During the period covered by the present report the project consortium has carried out important progress, obtaining significant results. From a technical perspective, the ambition of FANDANGO solution is to create a structured framework to support multiple modalities’ ingestion. Therefore, efforts in dedicated Work Package (WP2) were devoted to define an adequate data model and conventions to relate the incoming data depending on its nature (that it can be, articles containing text, metadata, associated media, claims, claims review and data descriptors). As a result, FANDANGO has provided a data model which is interoperable with State-of-the-art standards for integrity of the information. Details on the data model structure are provided in Deliverable D2.2 and employed in FANDANGO implementation. Simultaneously, technical partners action performed an extensive survey of the most appropriate tools for data ingestion including big data frameworks such as HortonWorks and Cloudera (now fused) to guarantee the proper workflow, overcoming potential issues associated with huge amounts of data ingestion, such as data storms. Then, an iterative process was carried out with the support of end-users (CIVIO, ANSA and VRT) to structure the multiple data inputs, preprocessing the information ingested, filtering non relevant information, preparing this data for its posterior analysis.
FANDANGO is working to devise and improve tools expected to achieve the important objective to provide higher level automatic decision making for fake news detection. Different machine learning algorithms have being developed, tested and improved. All of them share a Big Data approach and each tries to evaluate a specific clue to help evaluate the level of trustworthiness of a specific news (fakeness indicators). In parallel important work has been done in order to investigate traceability of image manipulation. The use of Deep Learning approaches to detect the trustworthy of an image, and based on its metadata track the path to the source provides a manner to back trace a news through its associated media files. Another approach has been provided by matching titles or content of the publications. In both scenarios, users will be able to visualize it through FANDANGO advanced data investigation tool, developed by Siren, that allows the connection to be visualized in an intuitive manner by using sophisticated graph techniques to associate related information and create a timeline of events based on collected publications. This approach should enable users to navigate across the temporal propagation of the information directly through the UI, whenever it is possible to trace connections between the content either by media distribution or the social network analysis.

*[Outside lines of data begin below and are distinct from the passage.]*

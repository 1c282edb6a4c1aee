//! The expressions in statements, with their probes.

ghost use Rattle.std.specs.Prelude.{◌≡◌, IfOk};
ghost use Rattle.c_syntax.specs.View.{node_shape, maybe_node, item_list};
ghost use Rattle.c_copy.specs.Boxes.{boxed_node};
ghost use Rattle.c_walk.specs.Walking.{walk_maybe, walk_maybe_test, walk_step};
ghost use Rattle.c_walk.specs.Stating.{walk_choice};
ghost use Rattle.probe_rules.specs.ProbedExpressions.{probed_maybe, probed_maybe_test, probed_step, probed_choice};
ghost use Rattle.probe_expr.specs.Numbers.{Numbered};

use crate::nodes::Prober;
use crate::selects::in_select;
use c_base::place::NoMemory;
use c_syntax::tree::{Item, Node};
use c_walk::tests::{case_values, choosing};

impl Prober {
    /// An expression, if there is one.
    pub fn maybe(&mut self, node: &Option<Node>) -> Result<Option<Box<Node>>, NoMemory>
        ensures { IfOk result (λ n. Numbered self.old.numbers self.new.numbers (boxed_node n) (λ c w. probed_maybe c (maybe_node node.now) w) (λ c w. walk_maybe c (maybe_node node.now) w)) }
    {
        match node {
            None => Ok(None),
            Some(node) => Ok(Some(self.read(node)?)),
        }
    }

    /// The test of a loop, if there is one.
    pub fn maybe_test(&mut self, node: &Option<Node>) -> Result<Option<Box<Node>>, NoMemory>
        ensures { IfOk result (λ n. Numbered self.old.numbers self.new.numbers (boxed_node n) (λ c w. probed_maybe_test c (maybe_node node.now) w) (λ c w. walk_maybe_test c (maybe_node node.now) w)) }
    {
        match node {
            None => Ok(None),
            Some(node) => Ok(Some(self.loop_test(node)?)),
        }
    }

    /// The step of a `for`, if there is one.
    pub fn step(&mut self, node: &Option<Node>) -> Result<Option<Box<Node>>, NoMemory>
        ensures { IfOk result (λ n. Numbered self.old.numbers self.new.numbers (boxed_node n) (λ c w. probed_step c (maybe_node node.now) w) (λ c w. walk_step c (maybe_node node.now) w)) }
    {
        match node {
            None => Ok(None),
            Some(node) => Ok(Some(self.arm(node)?)),
        }
    }

    /// What a switch with these statements chooses by (C89, 3.6.4.2).
    pub fn choice(&mut self, node: &Node, items: &[Item]) -> Result<Box<Node>, NoMemory>
        ensures { IfOk result (λ n. Numbered self.old.numbers self.new.numbers (node_shape n.value) (λ c w. probed_choice c (node_shape node.now) (item_list items.now) w) (λ c w. walk_choice c (node_shape node.now) (item_list items.now) w)) }
    {
        let here = self.numbers;
        self.numbers.decision()?;
        let values = case_values(self.alloc, choosing(node), items)?;
        let inner = self.read(node)?;
        let made = in_select(self.alloc, here, &values, inner)?;
        Ok(made)
    }
}
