//! What statements are built of, and the parts of them that hold no statement.

ghost use Rattle.std.specs.Prelude.{◌≡◌, ◌+◌, ◌<◌, ◌≤◌, length, map, Some, None, IfOk, IfSome, IsErrOf, MatchOption};
ghost use Rattle.c_syntax.specs.Shape.{case, switch, when, either, while, do_while, for, braces};
ghost use Rattle.c_syntax.specs.View.{node_shape, maybe_node, decl_list, label_shape, form_shape, stmt_shape, compound_shape, item_list};
ghost use Rattle.c_syntax.specs.Levels.{height, maybe_height, case_height, labels_height, form_height};
ghost use Rattle.c_grammar.specs.Look.{Finds, got};
ghost use Rattle.c_grammar.specs.Found.{Found};
ghost use Rattle.c_grammar_stmt.specs.StmtReader.{mark_ahead, reads_marks, reads_labels, reads_form};
ghost use Rattle.c_grammar_stmt.specs.StmtParts.{parens, optional, for_parts, label_there, one_label};
ghost use Rattle.c_grammar_stmt.specs.StmtFound.{brace_there, maybe_inner, NoNest, HeadFound};

use c_base::place::Pos;
use c_grammar::look::{Stop, find_numbered, first_place, past, past_key, past_probe};
use c_grammar::nodes::{copied, put};
use c_grammar::size::higher;
use c_parse_expr::expr::read_node;
use c_syntax::text::Text;
use c_syntax::token::{Key, Mark, ProbeWord, Token};
use c_syntax::tree::{Compound, Decl, Item, Label, Node, ProbeMark, Stmt, StmtForm};
use std::alloc::Global;

// BUILDING

// An expression that may be left out, out of its box.
fn unboxed(node: Option<Box<Node>>) -> Option<Node>
    ensures { maybe_node result ≡ maybe_inner node }
{
    match node {
        Some(inner) => Some(Box::into_inner(inner)),
        None => None,
    }
}

/// An `if` with no `else`.
#[tactic(auto, using(c_syntax::proofs::Open::if_open))]
pub fn when_form(test: Box<Node>, body: Box<Stmt>) -> StmtForm
    ensures { form_shape result ≡ when (node_shape test.value) (stmt_shape body.value) }
{
    StmtForm::If(Box::into_inner(test), body, None)
}

/// An `if` with its `else`.
pub fn either_form(test: Box<Node>, body: Box<Stmt>, last: Box<Stmt>) -> StmtForm
    ensures { form_shape result ≡ either (node_shape test.value) (stmt_shape body.value) (stmt_shape last.value) }
{
    StmtForm::If(Box::into_inner(test), body, Some(last))
}

/// A `while`.
pub fn while_form(test: Box<Node>, body: Box<Stmt>) -> StmtForm
    ensures { form_shape result ≡ while (node_shape test.value) (stmt_shape body.value) }
{
    StmtForm::While(Box::into_inner(test), body)
}

/// A `do`.
pub fn do_form(body: Box<Stmt>, test: Box<Node>) -> StmtForm
    ensures { form_shape result ≡ do_while (stmt_shape body.value) (node_shape test.value) }
{
    StmtForm::Do(body, Box::into_inner(test))
}

/// The three expressions in the parentheses of a `for`, each of which may be left out.
#[derive(Drop)]
pub struct ForHead {
    pub first: Option<Box<Node>>,
    pub test: Option<Box<Node>>,
    pub step: Option<Box<Node>>,
}

/// A `for`.
pub fn for_form(head: ForHead, body: Box<Stmt>) -> StmtForm
    ensures { form_shape result ≡ for (maybe_inner head.first) (maybe_inner head.test) (maybe_inner head.step) (stmt_shape body.value) }
{
    let ForHead { first, test, step } = head;
    StmtForm::For(unboxed(first), unboxed(test), unboxed(step), body)
}

/// A `switch`.
pub fn switch_form(test: Box<Node>, items: Vec<Item>) -> StmtForm
    ensures { form_shape result ≡ switch (node_shape test.value) (item_list items.items) }
{
    StmtForm::Switch(Box::into_inner(test), items)
}

fn case_label(pos: Pos, value: Box<Node>) -> Label
    ensures { label_shape result ≡ case pos (node_shape value.value) }
{
    Label::Case(pos, Box::into_inner(value))
}

/// A compound, whose brace stands at `pos`.
#[tactic(auto, using(c_syntax::proofs::Made::compound_made))]
pub fn compound_at(pos: Pos, decls: Vec<Decl>, items: Vec<Item>) -> Compound
    ensures { compound_shape result ≡ braces pos (decl_list decls.items) (item_list items.items) }
{
    Compound { pos, decls, items }
}

// LOOKING

/// A closing brace stands at the front.
pub fn at_brace(input: &[Token]) -> bool
    ensures { result ≡ brace_there input.now }
{
    past(input, Mark::RightBrace).is_some()
}

// A label begins at the front.
fn at_label(input: &[Token]) -> bool
    ensures { result ≡ label_there input.now }
{
    past_key(input, Key::Case).is_some() || past_key(input, Key::Default).is_some()
}

// The number of a block probe at the front, and what follows the probe.
#[tactic(auto, using(c_grammar_stmt::proofs::FormSteps::mark_found, c_grammar_stmt::proofs::FormSteps::mark_none, c_grammar_stmt::proofs::FormSteps::mark_numberless, c_grammar_stmt::proofs::FormSteps::mark_open, c_grammar_stmt::proofs::FormSteps::mark_no_colon))]
fn find_mark(input: &[Token]) -> Option<(&Text, &[Token])>
    ensures found { MatchOption result (mark_ahead input.now ≡ None) (λ p. mark_ahead input.now ≡ got p.0.now p.1.now) }
    ensures shorter { IfSome result (λ p. length p.1.now < length input.now) }
{
    let behind = past_probe(input, ProbeWord::Block)?;
    let (number, behind) = find_numbered(behind)?;
    let behind = past(behind, Mark::RightParen)?;
    let rest = past(behind, Mark::Colon)?;
    Some((number, rest))
}

// READING

/// The block probes at the front, and what follows them.
#[tactic(auto, using(c_grammar_stmt::proofs::FormSteps::marks_start, c_grammar_stmt::proofs::FormSteps::marks_more, c_grammar_stmt::proofs::FormSteps::marks_done))]
pub fn read_marks<'a>(
    alloc: Global,
    input: &'a [Token],
) -> Result<(Vec<ProbeMark>, &'a [Token]), Stop>
    ensures found { IfOk result (λ p. Finds reads_marks input.now (Some (p.0.items, p.1.now))) }
    ensures no_longer { IfOk result (λ p. length p.1.now ≤ length input.now) }
    ensures fails { IsErrOf result Stop.Syntax → ⊥ }
{
    let mut marks = Vec::new(alloc);
    let mut rest = input;
    while let Some((number, behind)) = find_mark(rest) {
        let pos = first_place(rest);
        let number = copied(alloc, number)?;
        put(&mut marks, ProbeMark { pos, number })?;
        rest = behind;
    }
    Ok((marks, rest))
}

/// An expression in parentheses, its levels, and what follows it. There are `depth` levels above it.
#[tactic(auto, using(c_grammar_stmt::proofs::StmtRead::parens_read, c_grammar_stmt::proofs::StmtRead::parens_unclosed, c_grammar_stmt::proofs::FormSteps::parens_bare, c_grammar_stmt::proofs::FormSteps::parens_fail))]
pub fn read_parens<'a>(
    alloc: Global,
    depth: u32,
    input: &'a [Token],
) -> Result<(Box<Node>, u32, &'a [Token]), Stop>
    requires deep { depth ≤ 400 }
    requires tokens { length input.now < 4294967296 }
    ensures found { IfOk result (λ p. Found (parens depth) height input.now (node_shape p.0.value) p.1 p.2.now) }
    ensures low { IfOk result (λ p. p.1 + depth ≤ 400) }
    ensures shorter { IfOk result (λ p. length p.2.now < length input.now) }
    ensures fails { IsErrOf result Stop.Syntax → Finds (parens depth) input.now None }
{
    let Some(inside) = past(input, Mark::LeftParen) else {
        return Err(Stop::Syntax);
    };
    let (inner, size, behind) = read_node(alloc, 0, depth, 0, inside)?;
    match past(behind, Mark::RightParen) {
        Some(rest) => Ok((inner, size.levels, rest)),
        None => Err(Stop::Syntax),
    }
}

/// An expression, or none, before this mark; its levels, and what follows the mark. There are `depth` levels above it.
#[tactic(auto, using(c_grammar_stmt::proofs::StmtRead::optional_left, c_grammar_stmt::proofs::StmtRead::optional_read, c_grammar_stmt::proofs::StmtRead::optional_unclosed, c_grammar_stmt::proofs::FormSteps::optional_fails))]
pub fn read_optional<'a>(
    alloc: Global,
    mark: Mark,
    depth: u32,
    input: &'a [Token],
) -> Result<(Option<Box<Node>>, u32, &'a [Token]), Stop>
    requires deep { depth ≤ 400 }
    requires tokens { length input.now < 4294967296 }
    ensures found { IfOk result (λ p. Found (optional mark depth) maybe_height input.now (maybe_inner p.0) p.1 p.2.now) }
    ensures low { IfOk result (λ p. p.1 + depth ≤ 400) }
    ensures shorter { IfOk result (λ p. length p.2.now < length input.now) }
    ensures fails { IsErrOf result Stop.Syntax → Finds (optional mark depth) input.now None }
{
    if let Some(rest) = past(input, mark) {
        return Ok((None, 0, rest));
    }
    let (node, size, behind) = read_node(alloc, 0, depth, 0, input)?;
    match past(behind, mark) {
        Some(rest) => Ok((Some(node), size.levels, rest)),
        None => Err(Stop::Syntax),
    }
}

/// What stands in the parentheses of a `for`, and the closing parenthesis; its levels, and what follows it. There are
/// `depth` levels above the `for`.
#[tactic(auto, using(c_grammar_stmt::proofs::FormSteps::for_bare, c_grammar_stmt::proofs::StmtRead::head_first))]
pub fn read_head<'a>(
    alloc: Global,
    depth: u32,
    input: &'a [Token],
) -> Result<(ForHead, u32, &'a [Token]), Stop>
    requires deep { depth < 400 }
    requires tokens { length input.now < 4294967296 }
    ensures found { IfOk result (λ p. HeadFound depth input.now (maybe_inner p.0.first) (maybe_inner p.0.test) (maybe_inner p.0.step) p.1 p.2.now) }
    ensures low { IfOk result (λ p. p.1 + depth < 400) }
    ensures shorter { IfOk result (λ p. length p.2.now < length input.now) }
    ensures fails { IsErrOf result Stop.Syntax → Finds (for_parts depth) input.now None }
{
    let Some(inside) = past(input, Mark::LeftParen) else {
        return Err(Stop::Syntax);
    };
    let below = depth + 1;
    let (first, first_levels, behind) = read_optional(alloc, Mark::Semicolon, below, inside)?;
    let (test, test_levels, last) = read_optional(alloc, Mark::Semicolon, below, behind)?;
    let (step, step_levels, rest) = read_optional(alloc, Mark::RightParen, below, last)?;
    let levels = higher(first_levels, higher(test_levels, step_levels));
    Ok((ForHead { first, test, step }, levels, rest))
}

// A label, its levels, and what follows it. There are `depth` levels above its item.
#[tactic(auto, using(c_grammar_stmt::proofs::StmtRead::default_read, c_grammar_stmt::proofs::StmtRead::case_unread, c_grammar_stmt::proofs::StmtLabels::one_default_open, c_grammar_stmt::proofs::StmtLabels::one_none))]
fn read_label<'a>(
    alloc: Global,
    depth: u32,
    input: &'a [Token],
) -> Result<(Label, u32, &'a [Token]), Stop>
    requires deep { depth < 400 }
    requires tokens { length input.now < 4294967296 }
    ensures found { IfOk result (λ p. Found (one_label depth) case_height input.now (label_shape p.0) p.1 p.2.now) }
    ensures low { IfOk result (λ p. p.1 + depth < 400) }
    ensures shorter { IfOk result (λ p. length p.2.now < length input.now) }
    ensures fails { IsErrOf result Stop.Syntax → Finds (one_label depth) input.now None }
{
    let pos = first_place(input);
    if let Some(behind) = past_key(input, Key::Case) {
        let (value, size, last) = read_node(alloc, 2, depth + 1, 0, behind)?;
        return match past(last, Mark::Colon) {
            Some(rest) => Ok((case_label(pos, value), size.levels, rest)),
            None => Err(Stop::Syntax),
        };
    }
    let Some(behind) = past_key(input, Key::Default) else {
        return Err(Stop::Syntax);
    };
    match past(behind, Mark::Colon) {
        Some(rest) => Ok((Label::Default(pos), 0, rest)),
        None => Err(Stop::Syntax),
    }
}

/// The labels at the front, their levels, and what follows them. There are `depth` levels above their item.
#[tactic(auto, using(c_grammar_stmt::proofs::StmtSteps::label_list_start))]
pub fn read_labels<'a>(
    alloc: Global,
    depth: u32,
    input: &'a [Token],
) -> Result<(Vec<Label>, u32, &'a [Token]), Stop>
    requires deep { depth < 400 }
    requires tokens { length input.now < 4294967296 }
    ensures found { IfOk result (λ p. Found (reads_labels depth) labels_height input.now (map label_shape p.0.items) p.1 p.2.now) }
    ensures low { IfOk result (λ p. p.1 + depth < 400) }
    ensures no_longer { IfOk result (λ p. length p.2.now ≤ length input.now) }
    ensures fails { IsErrOf result Stop.Syntax → Finds (reads_labels depth) input.now None }
{
    let mut labels = Vec::new(alloc);
    let mut levels = 0;
    let mut rest = input;
    while at_label(rest) {
        let (label, label_levels, behind) = read_label(alloc, depth, rest)?;
        put(&mut labels, label)?;
        levels = higher(levels, label_levels);
        rest = behind;
    }
    Ok((labels, levels, rest))
}

/// A form that holds no statement, its levels, and what follows it. There are `depth` levels above its statement.
#[tactic(auto, using(c_grammar_stmt::proofs::StmtRead::break_read, c_grammar_stmt::proofs::StmtRead::continue_read, c_grammar_stmt::proofs::StmtRead::return_unread, c_grammar_stmt::proofs::StmtRead::plain_unread, c_grammar_stmt::proofs::FormSteps::form_break_unended, c_grammar_stmt::proofs::FormSteps::form_continue_unended))]
pub fn read_plain<'a>(
    alloc: Global,
    depth: u32,
    input: &'a [Token],
) -> Result<(StmtForm, u32, &'a [Token]), Stop>
    requires deep { depth < 400 }
    requires tokens { length input.now < 4294967296 }
    requires plain { NoNest input.now }
    ensures found { IfOk result (λ p. Found (reads_form depth) form_height input.now (form_shape p.0) p.1 p.2.now) }
    ensures low { IfOk result (λ p. p.1 + depth < 400) }
    ensures shorter { IfOk result (λ p. length p.2.now < length input.now) }
    ensures fails { IsErrOf result Stop.Syntax → Finds (reads_form depth) input.now None }
{
    if let Some(behind) = past_key(input, Key::Break) {
        return match past(behind, Mark::Semicolon) {
            Some(rest) => Ok((StmtForm::Break, 0, rest)),
            None => Err(Stop::Syntax),
        };
    }
    if let Some(behind) = past_key(input, Key::Continue) {
        return match past(behind, Mark::Semicolon) {
            Some(rest) => Ok((StmtForm::Continue, 0, rest)),
            None => Err(Stop::Syntax),
        };
    }
    if let Some(behind) = past_key(input, Key::Return) {
        let (value, levels, rest) = read_optional(alloc, Mark::Semicolon, depth + 1, behind)?;
        return Ok((StmtForm::Return(unboxed(value)), levels, rest));
    }
    let (value, levels, rest) = read_optional(alloc, Mark::Semicolon, depth + 1, input)?;
    Ok((StmtForm::Plain(unboxed(value)), levels, rest))
}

A specific attention has been given in this period to the testing and validating of the system through pilots with important achivemnets and dedicated work performed. The use cases for the pilots have been defined in a specific deliverable, as well as the metrics to be measured during the pilots. The next step that is foreseen, is a collection of these metrics during manual fact checking, as well as during fact checking by means of FANDANGO 0.4. These metrics will then be compared in order to assess FANDANGO benefits & usability of results. During pilot 1, a small group of journalists from ANSA, Civio & VRT will be testing the first functional iteration of FANDANGO. During pilot 2, the focus will be on a bigger group of users and on a revised version of FANDANGO, after first pilot validation results. On top of that, the consortium will look for journalists of media companies outside the consortium to test FANDANGO as well (= field test).